Die Arbeitsform "Gruppenarbeit" ist eine bekannte Methode im Unterrichtsalltag. Ihr Einsatz ist jedoch immer abhängig vom inhaltlichen Gegenstand, Lernziel und Zusammensetzung der Lerngruppe.
Gruppenarbeiten bieten viele Chancen für den eigenen Unterricht. Einerseits entlasten sie die Lehrkraft, da die SuS mehrere Stunden damit verbringen, ihre Präsentation vorzubereiten. Dafür müssen sie sich selbst organisieren, Aufgaben verteilen, Inhalte erarbeiten und sich gemeinsam in Bezug auf die Präsentation absprechen. Das sind wichtige soziale Fähigkeiten, die als Vorbereitung für das Berufsleben eine wichtige Rolle spielen. Andererseits bringt diese Methode auch mehr Abwechslung bzw. Interaktion in den Unterricht ein, was die Aufmerksamkeitsspanne und den Lernerfolg der Klasse oder des Kurses in den meisten Fällen erhöhen wird. Diese sind charakteristische Merkmale des forschend-entdeckenden Lernens - einem grundlegenden fachdidaktischen Prinzip im Geschichtsunterricht.
Doch welche Herausforderungen bringen Gruppenarbeiten für den eigenen Unterricht mit sich? Lehrkräfte müssen bei dieser Arbeitsform ständig kontrollieren, ob und in welchem Maß sich alle Gruppenmitglieder an der Erarbeitung beteiligen. Die Leistungsbewertung hängt von vielen Faktoren ab und ist nicht immer eindeutig zu analysieren. Beispielhafte Kriterien für den Einsatz innerhalb einer Gruppenarbeit sind die Selbstständigkeit, Kommunikation und die Vortragsweise in der Präsentation. Oft genug kann es geschehen, dass SuS aufgrund der Zusammensetzung kaum miteinander kommunizieren und eher in eine Form der Einzelarbeit verfallen. Um dieses Problem zu unterbinden, ist es wichtig, dass die Lehrkraft stets den Überblick über das gesamte Geschehen behält und entsprechende Impulse gibt, um die Gruppe zur intensiveren Kooperation anzuregen.
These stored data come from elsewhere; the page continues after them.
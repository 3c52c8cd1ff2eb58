//! Where a key stands in a board's text.

ghost use Rattle.std.specs.Prelude.{◌≡◌, ◌≤◌, ◌==◌, length, map, position, option_copied, option_map, nat_eq, IfOk};
ghost use Rattle.std.specs.List.{prefix_len};
ghost use Rattle.aces_explain.specs.KeyLines as places;

use std::alloc::{AllocError, Global};

/// Where the first line of a text ends.
fn line_feed(text: &[u8]) -> Option<usize>
    ensures { result ≡ position (λ b. nat_eq b 10) text.now }
{
    text.iter().position(|byte| *byte == b'\n')
}

/// The lines of a text.
#[tactic(auto, using(crate::proofs::BoardLines::within, crate::proofs::BoardLines::begun, crate::proofs::BoardLines::one_more, crate::proofs::BoardLines::ended))]
pub(crate) fn lines(alloc: Global, text: &[u8]) -> Result<Vec<&[u8]>, AllocError>
    ensures { IfOk result (λ found. map (λ line. line.now) found.items ≡ places.lines_of text.now) }
{
    let mut found = Vec::new(alloc);
    let mut rest = text;
    while let Some(end) = line_feed(rest) {
        let (line, behind) = rest.split_at(end);
        found.push(line)?;
        let (_, behind) = behind.split_at(1);
        rest = behind;
    }
    found.push(rest)?;
    Ok(found)
}

/// Whether a byte is a space or a tab.
fn is_blank(byte: u8) -> bool
    ensures { result ≡ places.is_blank byte }
{
    byte == b' ' || byte == b'\t'
}

/// How many blanks a text begins with.
fn blanks_len(text: &[u8]) -> usize
    ensures within { result ≤ length text.now }
    ensures len { result ≡ prefix_len places.is_blank text.now }
{
    text.iter().take_while(|byte| is_blank(**byte)).count()
}

/// What stands behind the blanks in front.
fn behind_blanks(text: &[u8]) -> &[u8]
    ensures { result.now ≡ places.unindented text.now }
{
    let (_, rest) = text.split_at(blanks_len(text));
    rest
}

/// Whether the first byte is this one.
fn begins_with(byte: u8, text: &[u8]) -> bool
    ensures { result ≡ places.begins_with byte text.now }
{
    match text {
        [] => false,
        [first, ..] => *first == byte,
    }
}

/// Whether, blanks aside, a line begins with a word and this byte.
fn begins_with_word(word: &[u8], byte: u8, line: &[u8]) -> bool
    ensures { result ≡ places.begins_with_word word.now byte line.now }
{
    let text = behind_blanks(line);
    if text.len() < word.len() {
        return false;
    }
    let (front, rest) = text.split_at(word.len());
    front == word && begins_with(byte, behind_blanks(rest))
}

/// Whether, blanks aside, a line begins with `[`.
fn is_header(line: &[u8]) -> bool
    ensures { result ≡ places.is_header line.now }
{
    begins_with(b'[', behind_blanks(line))
}

/// Whether a line is the header of this path.
fn is_header_of(path: &[u8], line: &[u8]) -> bool
    ensures { result ≡ places.is_header_of path.now line.now }
{
    match behind_blanks(line) {
        [b'[', rest @ ..] => begins_with_word(path, b']', rest),
        _ => false,
    }
}

/// Where the first point of a path stands.
fn point(path: &[u8]) -> Option<usize>
    ensures { result ≡ position (λ b. nat_eq b 46) path.now }
{
    path.iter().position(|byte| *byte == b'.')
}

/// The table and the word of a path.
pub(crate) fn parts(path: &[u8]) -> Option<(&[u8], &[u8])>
    ensures { option_map (λ x. (x.0.now, x.1.now)) result ≡ places.parts_of path.now }
{
    match point(path) {
        None => None,
        Some(at) => {
            let (table, rest) = path.split_at(at);
            let (_, word) = rest.split_at(1);
            Some((table, word))
        }
    }
}

/// Whether a line below this header is that of a path's word.
fn is_word_line(path: &[u8], header: &[u8], line: &[u8]) -> bool
    ensures { result ≡ places.is_word_line (places.parts_of path.now) header.now line.now }
{
    match parts(path) {
        None => false,
        Some((table, word)) => is_header_of(table, header) && begins_with_word(word, b'=', line),
    }
}

/// Whether a line below this header, if there is one, has the value of a path.
fn is_value_line(path: &[u8], header: Option<&[u8]>, line: &[u8]) -> bool
    ensures { result ≡ places.is_value_line path.now (option_copied header.entry) line.now }
{
    match header {
        None => begins_with_word(path, b'=', line),
        Some(header) => is_word_line(path, header, line),
    }
}

/// Whether a line below this header, if there is one, is that of a path.
fn is_key_line(path: &[u8], header: Option<&[u8]>, line: &[u8]) -> bool
    ensures { result ≡ places.is_key_line path.now (option_copied header.entry) line.now }
{
    is_header_of(path, line) || is_value_line(path, header, line)
}

/// The number of the first line of a path, from 0.
pub(crate) fn key_line(path: &[u8], lines: &[&[u8]]) -> Option<usize>
    ensures { result ≡ places.key_line path.now (map (λ line. line.now) lines.now) }
{
    let mut header = None;
    for (number, line) in lines.iter().enumerate() {
        if is_key_line(path, header, line) {
            return Some(number);
        }
        if is_header(line) {
            header = Some(*line);
        }
    }
    None
}
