//! Files and the names of functions.

ghost use Rattle.std.specs.Prelude.{◌≡◌, ◌++◌, ◌∷◌, [], map, IfOk, OnOk};
ghost use Rattle.ir_model.specs.Plain.{PlainFunc, PlainGlobal, func_of, file_of, global_of};
ghost use Rattle.ir_model.specs.Typing.{func_name_checks, file_checks};
ghost use Rattle.ir_check_scopes.specs.Found.{Finds};
ghost use Rattle.ir_check_declarations.specs.DeclarationParts.{file_part};

use ir_check_scopes::new_names::add_new;
use ir_check_scopes::{CheckFault, CheckPlaceRef};
use ir_model::firmware::{FileDecl, Firmware, Func};
use ir_names::Names;
use ir_names::firmware_names::{add_globals, periph_names};
use std::alloc::{AllocError, Global};

fn func_names<'a>(seen: &mut Names<'a>, funcs: &'a [Func]) -> Result<(), CheckFault>
    ensures finds { Finds (func_name_checks seen.old (map func_of funcs.now)) result }
    ensures grows { OnOk result (seen.new ≡ seen.old ++ map (λ (f : PlainFunc). f.name) (map func_of funcs.now)) }
{
    for func in funcs {
        add_new(seen, &func.name, CheckPlaceRef::Func(&func.name))?;
    }
    Ok(())
}

#[tactic(auto, using(ir_check_scopes::proofs::Order::checks_behind_one))]
fn file<'a>(
    files: &mut Names<'a>,
    seen: &mut Names<'a>,
    file: &'a FileDecl,
) -> Result<(), CheckFault>
    ensures finds { Finds (file_part files.old seen.old (file_of file.now)) result }
    ensures files { OnOk result (files.new ≡ files.old ++ file.now.name ∷ []) }
    ensures funcs { OnOk result (seen.new ≡ seen.old ++ map (λ (f : PlainFunc). f.name) (map func_of file.now.funcs)) }
{
    add_new(files, &file.name, CheckPlaceRef::File(&file.name))?;
    func_names(seen, file.funcs.as_slice())?;
    Ok(())
}

fn each_file<'a>(
    names: &mut Names<'a>,
    seen: &mut Names<'a>,
    files: &'a [FileDecl],
) -> Result<(), CheckFault>
    ensures { Finds (file_checks names.old seen.old (map file_of files.now)) result }
{
    for declaration in files {
        file(names, seen, declaration)?;
    }
    Ok(())
}

fn new_files<'a>(
    alloc: Global,
    seen: &mut Names<'a>,
    files: &'a [FileDecl],
) -> Result<(), CheckFault>
    ensures { Finds (file_checks [] seen.old (map file_of files.now)) result }
{
    let mut names = Names::new(alloc);
    each_file(&mut names, seen, files)
}

fn taken_names(alloc: Global, firmware: &Firmware) -> Result<Names<'_>, AllocError>
    ensures { IfOk result (λ n. n ≡ map (λ p. p.name) firmware.now.periphs ++ map (λ (g : PlainGlobal). g.name) (map global_of firmware.now.globals)) }
{
    let mut seen = periph_names(alloc, firmware.periphs.as_slice())?;
    add_globals(&mut seen, firmware.globals.as_slice())?;
    Ok(seen)
}

/// Whether the names of files and functions are new.
pub fn files(alloc: Global, firmware: &Firmware) -> Result<(), CheckFault>
    ensures { Finds (file_checks [] (map (λ p. p.name) firmware.now.periphs ++ map (λ (g : PlainGlobal). g.name) (map global_of firmware.now.globals)) (map file_of firmware.now.files)) result }
{
    let mut seen = taken_names(alloc, firmware)?;
    new_files(alloc, &mut seen, firmware.files.as_slice())
}
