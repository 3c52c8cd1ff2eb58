//! `explain`: a firmware, read and checked, and what is wrong with it.

ghost use Rattle.std.specs.Prelude.{◌≡◌, ◌≤◌, length, IfOk, IfErr};
ghost use Rattle.aces_words.specs.Requests.{Explain as ToExplain, firmware_limit};
ghost use Rattle.base_outside.specs.Sinks.{sink};
ghost use Rattle.aces_reports.specs.declared.failure.Failure.TheVariants.{NoMemory as WantOfMemory};
ghost use Rattle.aces_files.specs.CarriesOut.{CarriesOut};
ghost use Rattle.aces_explain.specs.Answers.{AnswerToExplain};
ghost use Rattle.aces_explain.specs.Explained.{IsTold};

use crate::telling::tell;
use aces_files::loading::load_firmware;
use aces_files::telling::{CommandOutput, print};
use aces_reports::{Done, Failure};
use base_outside::{Files, Sink};
use std::alloc::Global;

/// The lines on the bytes of a firmware, and how the command ends.
fn lines_on<'a>(
    alloc: Global,
    firmware: &'a str,
    bytes: &[u8],
) -> Result<CommandOutput, Failure<'a>>
    requires { length bytes.now ≤ firmware_limit }
    ensures ok { IfOk result (IsTold firmware.now bytes.now) }
    ensures err { IfErr result (λ e. e ≡ WantOfMemory) }
{
    let told = tell(alloc, firmware, bytes)?;
    Ok(told)
}

/// Reads and checks a firmware, and prints what is wrong with it: the place, the line of the text, what was found and expected, and the rule; or the
/// line of counts.
pub fn explain<'a, F: Files, O: Sink>(
    alloc: Global,
    firmware: &'a str,
    files: &mut F,
    out: &mut O,
) -> Result<Done, Failure<'a>>
    ensures { CarriesOut (AnswerToExplain firmware.now) F.Files files.old files.new (ToExplain firmware.now) (sink O.Sink out.old) (sink O.Sink out.new) result }
{
    let bytes = load_firmware(alloc, files, firmware)?;
    let told = lines_on(alloc, firmware, bytes.as_slice())?;
    print(told.lines.as_slice(), told.done, out)
}
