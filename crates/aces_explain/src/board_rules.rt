//! The rules of a board's keys, as they are told.

ghost use Rattle.std.specs.Prelude.{◌≡◌, ◌++◌, OnOk};
ghost use Rattle.aces_explain.specs.BoardRules as rules;
ghost use Rattle.aces_explain.specs.KeyLines.{parts_of};

use crate::key_lines::parts;
use plan_board::fault::BoardFault;
use plan_board::key::Key;
use plan_report::text::Text;
use std::alloc::AllocError;

/// What a key has to be.
fn kind_text(key: Key) -> &'static [u8]
    ensures { result.now ≡ rules.kind_text key }
{
    match key {
        Key::Flash | Key::Ram | Key::Mpu | Key::Deny => b"a table",
        Key::FlashBase
        | Key::FlashSize
        | Key::RamBase
        | Key::RamSize
        | Key::RamStack
        | Key::MpuRegions => b"an integer",
        Key::RamLowest | Key::MpuReads => b"a text",
    }
}

/// The values that a key may have.
fn value_text(key: Key) -> &'static [u8]
    ensures { result.now ≡ rules.value_text key }
{
    match key {
        Key::Flash => b"base and size",
        Key::FlashBase => b"a multiple of 0x100000 from 0 to 0x1FE00000",
        Key::FlashSize | Key::RamSize => b"a multiple of 32 from 1024 to 1048576",
        Key::Ram => b"base, size and stack, and lowest or not",
        Key::RamBase => b"a multiple of 0x100000 from 0x20000000 to 0x3FF00000",
        Key::RamStack => b"a power of two from 512 to 65536",
        Key::RamLowest => b"\"size\" or \"stack\"",
        Key::Mpu => b"regions and reads, each or not",
        Key::MpuRegions => b"8 or 16",
        Key::MpuReads => b"\"open\" or \"closed\"",
        Key::Deny => b"at most 64 ranges, each behind its name",
    }
}

/// Puts what a key has to be, and the values that it may have.
fn put_kind_rule(text: &mut Text, key: Key) -> Result<(), AllocError>
    ensures { OnOk result (text.new ≡ text.old ++ rules.kind_rule key) }
{
    text.put(kind_text(key))?;
    text.put(b": ")?;
    text.put(value_text(key))
}

/// Puts the rule of a missing key.
fn put_missing_rule(text: &mut Text, key: Key) -> Result<(), AllocError>
    ensures { OnOk result (text.new ≡ text.old ++ rules.missing_rule key) }
{
    text.put(b"has to be there, ")?;
    put_kind_rule(text, key)
}

/// The keys of a table, or what its keys are.
fn table_rule(table: &[u8]) -> &'static [u8]
    ensures { result.now ≡ rules.table_rule table.now }
{
    if table == b"flash".as_slice() {
        b"flash has the keys base and size alone"
    } else if table == b"ram".as_slice() {
        b"ram has the keys base, size, stack and lowest alone"
    } else if table == b"mpu".as_slice() {
        b"mpu has the keys regions and reads alone"
    } else if table == b"deny".as_slice() {
        b"a name of firmware texts: a letter or _, then letters, digits, _ and ., at most 64 bytes, and no reserved word"
    } else {
        b"a board has the tables flash, ram, mpu and deny alone"
    }
}

/// The rule of a further key.
fn extra_rule(path: &[u8]) -> &'static [u8]
    ensures { result.now ≡ rules.extra_rule (parts_of path.now) }
{
    match parts(path) {
        None => b"a board has the tables flash, ram, mpu and deny alone",
        Some((table, _)) => table_rule(table),
    }
}

/// Puts the rule that a board's text breaks.
pub(crate) fn put_rule(text: &mut Text, fault: &BoardFault) -> Result<(), AllocError>
    ensures { OnOk result (text.new ≡ text.old ++ rules.rule_of fault.now) }
{
    match fault {
        BoardFault::NoMemory => text.put(b"memory enough to read the text"),
        BoardFault::NotToml => text.put(b"a TOML document in UTF-8, in which no key stands twice"),
        BoardFault::Missing(key) => put_missing_rule(text, *key),
        BoardFault::Kind(key) => put_kind_rule(text, *key),
        BoardFault::Range(key) => text.put(value_text(*key)),
        BoardFault::DeniedKind(_) => text.put(b"an array of two integers: base and size"),
        BoardFault::DeniedRange(_) => text.put(
            b"a base and a size of 1 byte or more, the first byte and the last from 0x40000000 to 0x5FFFFFFF",
        ),
        BoardFault::Extra(path) => text.put(extra_rule(path.as_slice())),
    }
}
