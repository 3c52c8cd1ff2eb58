//! Lines that are told of several things.

ghost use Rattle.std.specs.Prelude.{◌≡◌, ◌++◌, OnOk};
ghost use Rattle.aces_reports.specs.FaultLines.{compartment_word, bytes_text};
ghost use Rattle.aces_explain.specs.Explanations.{rule_line};
ghost use Rattle.aces_explain.specs.PlanTold as told;

use aces_reports::memory_word;
use plan_layout::refusal::Lack;
use plan_report::text::Text;
use std::alloc::AllocError;

/// Puts the line on a rule.
pub(crate) fn put_rule(text: &mut Text, rule: &[u8]) -> Result<(), AllocError>
    ensures { OnOk result (text.new ≡ text.old ++ rule_line rule.now) }
{
    text.put(b"rule ")?;
    text.put(rule)?;
    text.put(b"\n")
}

/// Puts a compartment, or `-` where there is none.
fn put_compartment(text: &mut Text, compartment: Option<u32>) -> Result<(), AllocError>
    ensures { OnOk result (text.new ≡ text.old ++ compartment_word compartment) }
{
    match compartment {
        None => text.put(b"-"),
        Some(compartment) => text.put_decimal(u64::from(compartment)),
    }
}

/// Puts how many bytes are needed, and how many there are.
fn put_bytes(text: &mut Text, needed: u64, available: u64) -> Result<(), AllocError>
    ensures { OnOk result (text.new ≡ text.old ++ bytes_text needed available) }
{
    text.put(b": needs ")?;
    text.put_decimal(needed)?;
    text.put(b" of ")?;
    text.put_decimal(available)?;
    text.put(b" bytes\n")
}

/// Puts the line on a memory that has no room.
pub(crate) fn put_room(text: &mut Text, lack: Lack) -> Result<(), AllocError>
    ensures { OnOk result (text.new ≡ text.old ++ told.room_line lack) }
{
    text.put(memory_word(lack.memory))?;
    text.put(b": compartment ")?;
    put_compartment(text, lack.compartment)?;
    put_bytes(text, lack.needed, lack.available)
}
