//! The lines of the first fault of a text.

ghost use Rattle.std.specs.Prelude.{◌≡◌, ◌≤◌, Some, None, length, IfOk};
ghost use Rattle.ir_model.specs.Plain.{firmware_of as plain};
ghost use Rattle.ir_model.specs.TextLimits.{text_limit};
ghost use Rattle.ir_model.specs.Texts.{IsText, SyntaxAt};
ghost use Rattle.ir_model.specs.Typing.{fault_of};
ghost use Rattle.ir_check_scopes.specs.Found.{IsFaultOf};
ghost use Rattle.ir_reader.specs.First.{IsFirst};
ghost use Rattle.aces_files.specs.Outcomes.{done};
ghost use Rattle.aces_explain.specs.Answers.{ExplainAnswer};

use crate::explanations::{check_told, passed_told, syntax_told, utf8_told};
use ir_check::CheckFault;
use ir_check_details::check_lines;
use ir_expected_tokens::syntax_lines;
use ir_model::check::{CheckKind, CheckPlace};
use ir_model::firmware::Firmware;
use ir_model::token::{Excess, Pos};
use ir_reader::TextFault;
use ir_text_places::item_place;
use std::alloc::{AllocError, Global};

/// The lines of a syntax fault.
fn syntax_fault(alloc: Global, name: &str, bytes: &[u8], pos: Pos) -> Result<Vec<u8>, AllocError>
    requires { SyntaxAt bytes.now pos }
    ensures { IfOk result (λ v. ExplainAnswer name.now bytes.now (done 1 v.items None)) }
{
    let details = syntax_lines(alloc, bytes)?;
    syntax_told(alloc, name.as_bytes(), bytes, pos, details.as_slice())
}

/// The lines of a fault of a text, which is its first.
///
/// # Errors
///
/// There is no memory for them, or there was none to read the text.
pub(crate) fn text_fault(
    alloc: Global,
    name: &str,
    bytes: &[u8],
    fault: TextFault,
) -> Result<Vec<u8>, AllocError>
    requires { IsFirst bytes.now fault }
    ensures { IfOk result (λ v. ExplainAnswer name.now bytes.now (done 1 v.items None)) }
{
    match fault {
        TextFault::NoMemory => Err(AllocError),
        TextFault::Utf8 { at } => utf8_told(alloc, name.as_bytes(), at),
        TextFault::Syntax { pos } => syntax_fault(alloc, name, bytes, pos),
        TextFault::NumberTooWide { pos } => {
            passed_told(alloc, name.as_bytes(), bytes, Excess::TooWide, pos)
        }
        TextFault::Limit { which, pos } => {
            passed_told(alloc, name.as_bytes(), bytes, Excess::Passes(which), pos)
        }
    }
}

/// The lines of a check that fails, which is the first.
fn failing(
    alloc: Global,
    name: &str,
    bytes: &[u8],
    firmware: &Firmware,
    kind: &CheckKind,
    place: &CheckPlace,
) -> Result<Vec<u8>, AllocError>
    requires is_text { IsText (plain firmware.now) bytes.now }
    requires few { length bytes.now ≤ text_limit }
    requires first { fault_of (plain firmware.now) ≡ Some (record { kind = kind.now; place = place.now }) }
    ensures { IfOk result (λ v. ExplainAnswer name.now bytes.now (done 1 v.items None)) }
{
    let pos = item_place(bytes, firmware, kind, place)?;
    let details = check_lines(alloc, firmware, kind, place)?;
    check_told(
        alloc,
        name.as_bytes(),
        bytes,
        kind,
        place,
        pos,
        details.as_slice(),
    )
}

/// The lines of a fault of a firmware, which is its first.
///
/// # Errors
///
/// There is no memory for them, or there was none for the checks.
pub(crate) fn check_fault(
    alloc: Global,
    name: &str,
    bytes: &[u8],
    firmware: &Firmware,
    fault: &CheckFault,
) -> Result<Vec<u8>, AllocError>
    requires is_text { IsText (plain firmware.now) bytes.now }
    requires few { length bytes.now ≤ text_limit }
    requires first { IsFaultOf (plain firmware.now) fault.now }
    ensures { IfOk result (λ v. ExplainAnswer name.now bytes.now (done 1 v.items None)) }
{
    match fault {
        CheckFault::NoMemory => Err(AllocError),
        CheckFault::At { kind, place } => failing(alloc, name, bytes, firmware, kind, place),
    }
}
Die "Gruppenarbeit" ist von daher eine altbekannte, aber eben auch komplexe Methode für den Unterrichtsalltag. Sie bietet sich immer dann an, wenn ein bestimmtes Thema in Unterkategorien aufgeteilt werden kann. Ein Beispiel im Geschichtsunterricht wäre das Thema "Deutschland in der Zeit des Vormärz" - verteilt auf die Ereignisse "Wiener Kongress", "Deutscher Bund", "Wartburgfest", "Karlsbader Beschlüsse", "Julirevolution 1830", "Hambacher Fest" und "Schlesischer Weberaufstand". Besteht der Kurs zum Beispiel aus 21 SuS, setzt sich jede der insgesamt sieben Gruppen aus 3 SuS zusammen. Gruppen sollten in dieser Hinsicht nicht aus zu vielen SuS bestehen, da ansonsten die Gefahr besteht, dass bestimmte Gruppenmitglieder keinerlei Aufgaben haben und sich zu wenig an der Gruppenarbeit beteiligen.